Oh dear, I haven't even thought about all the freebies I got and haven't read yet in my post. I was only talking about books I spend money one, even if it was just 25 cents, which there were a few of those in the early days. 

I think I am going to have to take the 5th on the freebie issue.


----------



## MariaESchneider (Aug 1, 2009)

Ann, can't you select DELETE from the Manage Kindle and they are deleted for good?  I've done that with a few books--and they are gone and no longer downloadable.  They are as if I never purchased them.  But that may not be what you are after.

I have some freebies that I might never get to, not even to sample.  I know I have passed them by a number of times without being interested enough to lift a finger. 

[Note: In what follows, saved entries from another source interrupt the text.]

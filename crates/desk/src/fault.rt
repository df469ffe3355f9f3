//! Why a call is not answered, or a desk not opened.
ghost use Rattle.std.specs.Prelude.{◌≡◌};
ghost use Rattle.desk.specs.Faults.{closes, number_of, call_fault, core_fault, storage_fault};

use desk_core::CoreFault;
use identifiers::CallFault;
use std::error::Error;
use std::fmt;
use store_api::StorageFault;

/// Why a call is not answered, or a desk not opened.
#[derive(Clone, Copy, Debug, PartialEq, Eq)]
pub enum DeskFault {
    /// A growth was refused.
    Memory,
    /// The store reported a failure of the disk.
    Device,
    /// The desk is closed, and is to be opened again.
    Reopen,
    /// The file holds no desk.
    NotADesk,
    /// The call's moment is above the last one.
    Moment,
    /// The call needs more random bytes than it has.
    ShortRandom,
    /// A number above the greatest would be needed.
    Full,
    /// The file is of a later format.
    NewerFormat,
}

impl DeskFault {
    /// The number of the fault, 20 to 27.
    pub fn number(self) -> u8
        ensures { result ≡ number_of self }
    {
        match self {
            DeskFault::Memory => 20,
            DeskFault::Device => 21,
            DeskFault::Reopen => 22,
            DeskFault::NotADesk => 23,
            DeskFault::Moment => 24,
            DeskFault::ShortRandom => 25,
            DeskFault::Full => 26,
            DeskFault::NewerFormat => 27,
        }
    }

    /// Whether the desk is closed after this fault.
    pub fn closes(self) -> bool
        ensures { result ≡ closes self }
    {
        matches!(self, DeskFault::Device | DeskFault::Reopen)
    }
}

impl fmt::Display for DeskFault {
    fn fmt<W: fmt::Write>(&self, f: &mut fmt::Formatter<W>) -> fmt::Result {
        let text = match self {
            DeskFault::Memory => "fault 20 memory",
            DeskFault::Device => "fault 21 device",
            DeskFault::Reopen => "fault 22 reopen",
            DeskFault::NotADesk => "fault 23 not a desk",
            DeskFault::Moment => "fault 24 moment",
            DeskFault::ShortRandom => "fault 25 short random",
            DeskFault::Full => "fault 26 full",
            DeskFault::NewerFormat => "fault 27 newer format",
        };
        f.write_str(text)
    }
}

impl Error for DeskFault {}

impl From<CoreFault> for DeskFault {
    ghost from_gives = { λ fault e. e ≡ core_fault fault };

    fn from(fault: CoreFault) -> DeskFault {
        match fault {
            CoreFault::Memory => DeskFault::Memory,
            CoreFault::ShortRandom => DeskFault::ShortRandom,
            CoreFault::Full => DeskFault::Full,
        }
    }
}

impl From<CallFault> for DeskFault {
    ghost from_gives = { λ fault e. e ≡ call_fault fault };

    fn from(fault: CallFault) -> DeskFault {
        match fault {
            CallFault::Memory => DeskFault::Memory,
            CallFault::Moment => DeskFault::Moment,
        }
    }
}

impl From<StorageFault> for DeskFault {
    ghost from_gives = { λ fault e. e ≡ storage_fault fault };

    fn from(fault: StorageFault) -> DeskFault {
        match fault {
            StorageFault::Memory => DeskFault::Memory,
            StorageFault::Device => DeskFault::Device,
            StorageFault::Reopen => DeskFault::Reopen,
        }
    }
}
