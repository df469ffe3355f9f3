//! What an office asks of a desk.
ghost use Rattle.std.specs.Prelude.{◌≡◌, ◌<◌, ◌↔◌, IsTrue, false, Err, IfErr};
ghost use Rattle.desk.specs.declared.fault.DeskFault.TheVariants as fault;
ghost use Rattle.desk.specs.{Answers.is_closed_after, Causes.IsCaused};
ghost use Rattle.desk.specs.Office.{AnswersOffice, refusal_in};
ghost use Rattle.desk_model.specs.Limits.{last_moment};

use crate::desk::Desk;
use crate::fault::DeskFault;
use desk_model::{Ask, Body, Call, OfficeAsk, Refusal, Sequence};
use std::alloc::Global;
use store_api::Storage;

// The refusal that a body gives.
fn refusal_in(body: &Body) -> Option<Refusal>
    ensures { result ≡ refusal_in body.now }
{
    match body {
        Body::Problem(problem) => Some(problem.refusal),
        _ => None,
    }
}

impl<K: Storage + Drop> Desk<K> {
    /// Answers what an office asks at a moment, in seconds since 1970, with no random bytes, and gives the refusal, if it is
    /// refused (RFC 8555, 6.7).
    ///
    /// # Errors
    ///
    /// Those of `answer` to that call.
    pub fn answer_office(
        &mut self,
        alloc: Global,
        at: u64,
        ask: OfficeAsk,
    ) -> Result<Option<Refusal>, DeskFault>
        ensures closed { IsTrue self.old.is_closed → (result ≡ Err fault.Reopen) × (self.new ≡ self.old) }
        ensures late { self.old.is_closed ≡ false → (result ≡ Err fault.Moment) ↔ (last_moment < at) }
        ensures unmade { last_moment < at → self.new ≡ self.old }
        ensures caused { self.old.is_closed ≡ false
            → IfErr result (IsCaused K.Kept.sight K.Storage.causes self.old.store self.new.store) }
        ensures exit { self.old.is_closed ≡ false → AnswersOffice K.Kept.sight at ask self.old.store self.new.store result }
        ensures flag { self.old.is_closed ≡ false → self.new.is_closed ≡ is_closed_after result }
        ensures policy { self.new.policy ≡ self.old.policy }
    {
        let call = Call {
            at,
            random: Sequence::new(Vec::new(alloc)),
            ask: Ask::Office(ask),
        };
        let answered = self.answer(alloc, &call);
        drop(call);
        match answered {
            Ok(reply) => Ok(refusal_in(&reply.body)),
            Err(fault) => Err(fault),
        }
    }
}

For books I buy, there are several that I will not finish--usually due to complete lack of interest (yes, I sample.  That doesn't always save my bacon).  I actually just returned a trad published book.  The sample was Sooooooooooooooooo good and then, and then...it got into some offensive material that I had no way of knowing about...

I sample everything I am spending money on (except for my must-buy author list of about 5 authors).  There's a good chance that means I'll read at least half the book after spending money on it.  There are not...more than 4 of those on my TBR right now.  

I have about 5 on the shelf (literally) that I did buy and got halfway through.  I keep telling myself to finish them, but probably won't.  Mostly due to boring bits or lack of empathy for the character.  These all came highly recommended, but they aren't my thing.


----------



## Alpha72 (May 9, 2012)

That happens to me all the time.


----------



## 31842 (Jan 11, 2011)

I actually made a collection on my Kindle for "started" books that I never got around to finishing.  I've had my Kindle for exactly a year (Happy Birthday to my Kindle!) and there are 68 books in that collection.  Someday I might get back to them... someday...


----------



## Steph H (Oct 28, 2008)

Yeah, I have a "DNF" collection -- did not finish. But I keep 'em, 'cause you never know.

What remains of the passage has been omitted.